Bukan lautan hanya kolam susu
Kail dan jala
cukup menghidupmu
Tiada badai
tiada topan kau temui
Ikan dan udang
menghampiri dirimu
Orang bilang
tanah kita tanah surga
Tongkat kayu dan
batu jadi tanaman
Orang bilang
tanah kita tanah surga
Tongkah kayu dan
batu jadi tanaman
Tentu kita masih
ingat lirik lagu tersebut, lagu dengan judul Kolam Susu yang dibawakan oleh
Koes Plus. Sebuah lagu yang menggambarkan kebanggaan yang begitu besar menjadi
anak bangsa Indonesia, kehebatan bumi pertiwi Indonesia, dan nasionalisme yang
begitu membuncah.
Sejarah telah
mencatat dengan tinta emasnya bagaimana nasionalisme putra bangsa dari Sabang
sampai Meuroke saling bahu membahu dalam sebuah ikatan energi dengan tekad yang
sama, dengan kepentingan yang sama, dengan tujuan yang sama demi kebebasan
bangsa dan tanah air.
Sudah 68 tahun
lebih Indonesia merdeka. Merdeka dari penjajahan konvensional dan merdeka dari
kepentingan asing konvensional. Tapi hari ini rakyat Indonesia masih dijajah
secara modern oleh bangsa asing dan bangsanya sendiri.
Kini putra
bangsa tidak lagi berada dalam satu ikatan energi, tidak lagi dalam satu tekad
dan kepentingan yang sama, yang ada adalah kepentingan pribadi dan kelompoknya
yang dikemas begitu indah dengan bahasa “Kepentingan Rakyat”
Media (televisi,
surat kabar, media online, dll lainnya) yang hari ini seharusnya menjadi corong
kebenaran bagi rakyat, mercu suar atas kepentingan rakyat justru telah dinodai
oleh kepentingan pribadi dan kelompoknya.
Fakta yang sulit
dibantahkan yang terpampang jelas di depan mata kita adalah bagaimana para
pemilik media telah menjadi pengurus partai politik. Ada yang menjadi ketua
umum, ada yang menjadi ketua dewan pertimbangan, dan lain sebagainya. Adakah
independensi lagi dari berita yang ditampilkan oleh media tersebut..??
Yang ada adalah
media tersebut akan terus berlomba menampilkan kebaikan partai “Juragannya” dan
menghantam habis-habisan lawan partai politiknya.
Hari ini opini
masyarakat telah dibentuk oleh berita-berita dari media yang bermuka dua.

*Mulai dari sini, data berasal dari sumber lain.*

//! Where ratings of CycloneDX, grype, Trivy and SPDX 3 disagree with the vector in them.

ghost use Rattle.std.specs.Prelude.{◌≡◌, OnOk, codes, false, option_map, unwrap_or};
ghost use Rattle.cvss_audit.specs.Differences.{claim_view, given_rating_differences, is_spdx_type, method_of, metrics_differences, severity, severity_text_of, spdx_differences, spdx_type, spdx_type_differences, trivy_differences, trivy_name};
ghost use Rattle.cvss_audit.specs.private.Views.{Adds};
ghost use Rattle.cvss_audit.specs.Locations.{text_at};
ghost use Rattle.serde_json.specs.View.{members_view};

use crate::disagreements::claim::Claim;
use crate::disagreements::difference::{Difference, Scored, push_at, push_name};
use crate::disagreements::surroundings::push_parts;
use crate::expected::sub_scores::SubScores;
use crate::locations::member::{object_at, text_at};
use cvss_base::TENTH;
use cvss_vector::Cvss;
use serde_json::{Map, Value};
use std::alloc::AllocError;

/// Adds the differences of a rating, as CycloneDX and grype have it.
pub(crate) fn push_rating_members<'a>(
    found: &mut Vec<Difference<'a>>,
    vector: Scored<'_>,
    parts: Option<SubScores>,
    object: &'a Map<String, Value>,
) -> Result<(), AllocError>
    ensures { OnOk result (Adds found.old.items
        (given_rating_differences vector.entry.cvss.now vector.entry.scores parts
        (members_view object.now.entries)) found.new.items) }
{
    push_at(found, "method", Claim::Text(method_of(vector.cvss)), object)?;
    push_metrics(found, vector, parts, object_at(object, "metrics"))?;
    push_at(found, "score", Claim::Number(vector.scores.base), object)?;
    push_at(found, "severity", severity(vector), object)?;
    let version = Claim::Text(vector.cvss.version().as_str());
    push_at(found, "version", version, object)
}

/// Adds the differences of the base score and the sub-scores in `metrics`, as grype has them.
fn push_metrics<'a>(
    found: &mut Vec<Difference<'a>>,
    vector: Scored<'_>,
    parts: Option<SubScores>,
    metrics: Option<&'a Map<String, Value>>,
) -> Result<(), AllocError>
    ensures { OnOk result (Adds found.old.items
        (metrics_differences vector.entry.scores parts
        (option_map (λ object. members_view object.now.entries) metrics.entry)) found.new.items) }
{
    let Some(metrics) = metrics else {
        return Ok(());
    };
    push_at(
        found,
        "baseScore",
        Claim::Number(vector.scores.base),
        metrics,
    )?;
    push_parts(found, parts, metrics)
}

/// The method that CycloneDX gives a rating by a vector.
fn method_of(cvss: &Cvss) -> &'static str
    ensures { result.now ≡ method_of cvss.now }
{
    match cvss {
        Cvss::CvssV20(_) => "CVSSv2",
        Cvss::CvssV30(_) => "CVSSv3",
        Cvss::CvssV31(_) => "CVSSv31",
        Cvss::CvssV40(_) => "CVSSv4",
    }
}

/// Adds the differences of a vector and its score, as Trivy has them in members of these names: the
/// score's, and the vector's, which says the version.
pub(crate) fn push_trivy<'a>(
    found: &mut Vec<Difference<'a>>,
    vector: Scored<'_>,
    names: (&'a str, &'a str),
    object: &'a Map<String, Value>,
) -> Result<(), AllocError>
    ensures { OnOk result (Adds found.old.items
        (trivy_differences vector.entry.cvss.now vector.entry.scores names.entry.0.now names.entry.1.now
        (members_view object.now.entries)) found.new.items) }
{
    push_at(found, names.0, Claim::Number(vector.scores.base), object)?;
    push_name(
        found,
        vector.cvss,
        names.1,
        names.1 != trivy_name(vector.cvss),
    )
}

/// The member in which Trivy gives a vector.
fn trivy_name(cvss: &Cvss) -> &'static str
    ensures { result.now ≡ trivy_name cvss.now }
{
    match cvss {
        Cvss::CvssV20(_) => "V2Vector",
        Cvss::CvssV30(_) | Cvss::CvssV31(_) => "V3Vector",
        Cvss::CvssV40(_) => "V40Vector",
    }
}

/// Adds the differences of a score, a severity and a type, as SPDX 3 has them.
pub(crate) fn push_spdx<'a>(
    found: &mut Vec<Difference<'a>>,
    vector: Scored<'_>,
    object: &'a Map<String, Value>,
) -> Result<(), AllocError>
    ensures { OnOk result (Adds found.old.items
        (spdx_differences vector.entry.cvss.now vector.entry.scores
        (members_view object.now.entries)) found.new.items) }
{
    push_at(
        found,
        "security_score",
        Claim::Number(vector.scores.base),
        object,
    )?;
    push_at(found, "security_severity", severity(vector), object)?;
    push_spdx_type(found, vector.cvss, object)
}

/// Adds the difference of the type, if it is one that says a version of CVSS.
fn push_spdx_type<'a>(
    found: &mut Vec<Difference<'a>>,
    cvss: &Cvss,
    object: &'a Map<String, Value>,
) -> Result<(), AllocError>
    ensures { OnOk result (Adds found.old.items
        (spdx_type_differences cvss.now (members_view object.now.entries)) found.new.items) }
{
    if has_spdx_type(object) {
        return push_at(found, "type", Claim::Text(spdx_type(cvss)), object);
    }
    Ok(())
}

fn has_spdx_type(object: &Map<String, Value>) -> bool
    ensures { result ≡ unwrap_or (option_map is_spdx_type
        (text_at (codes "type") (members_view object.now.entries))) false }
{
    match text_at(object, "type") {
        Some(reported) => is_spdx_type(reported),
        None => false,
    }
}

fn is_spdx_type(reported: &str) -> bool
    ensures { result ≡ is_spdx_type reported.now }
{
    reported == "security_CvssV2VulnAssessmentRelationship"
        || reported == "security_CvssV3VulnAssessmentRelationship"
        || reported == "security_CvssV4VulnAssessmentRelationship"
}

/// The type that SPDX 3 gives an assessment by a vector.
fn spdx_type(cvss: &Cvss) -> &'static str
    ensures { result.now ≡ spdx_type cvss.now }
{
    match cvss {
        Cvss::CvssV20(_) => "security_CvssV2VulnAssessmentRelationship",
        Cvss::CvssV30(_) | Cvss::CvssV31(_) => "security_CvssV3VulnAssessmentRelationship",
        Cvss::CvssV40(_) => "security_CvssV4VulnAssessmentRelationship",
    }
}

/// The severity of the score that a record says of a vector, in lower case.
fn severity(vector: Scored<'_>) -> Claim
    ensures { claim_view result
        ≡ severity (severity_text_of vector.entry.cvss.now vector.entry.scores.base) }
{
    let score = i128::from(vector.scores.base) * TENTH;
    Claim::Severity(vector.cvss.severity_of(score).as_str())
}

Sebagai contoh nyata kita melihat bagaimana media memberitakan kasus hukum yang
menimpa lawan politik dari pemilik media tersebut sampai berhari-hari bahkan
dalam kategori Headline dan disiarkan berulang-ulang.
Terlepas berita
yang disajikan tersebut benar atau salah. Keputusan hakim dan pengadilan yang
memiliki kekuatan hukum tetap tidak lagi menjadi penting karena tatkala media
telah memvonis seseorang bersalah maka publik telah men-cap-nya sebagai orang
yang kotor dan bersalah.
Adakah media
independen hari..?? yang benar-benar tanpa memihak..?? mungkin akan sulit untuk
menemukannya. Publik harus lebih cerdas dalam menerima setiap informasi yang
diramu oleh media. Sehingga energi kita tidak habis hanya untuk saling
menyalahkan dan menghujat.
Mari satukan
energi dan potensi demi pembangunan Indonesia.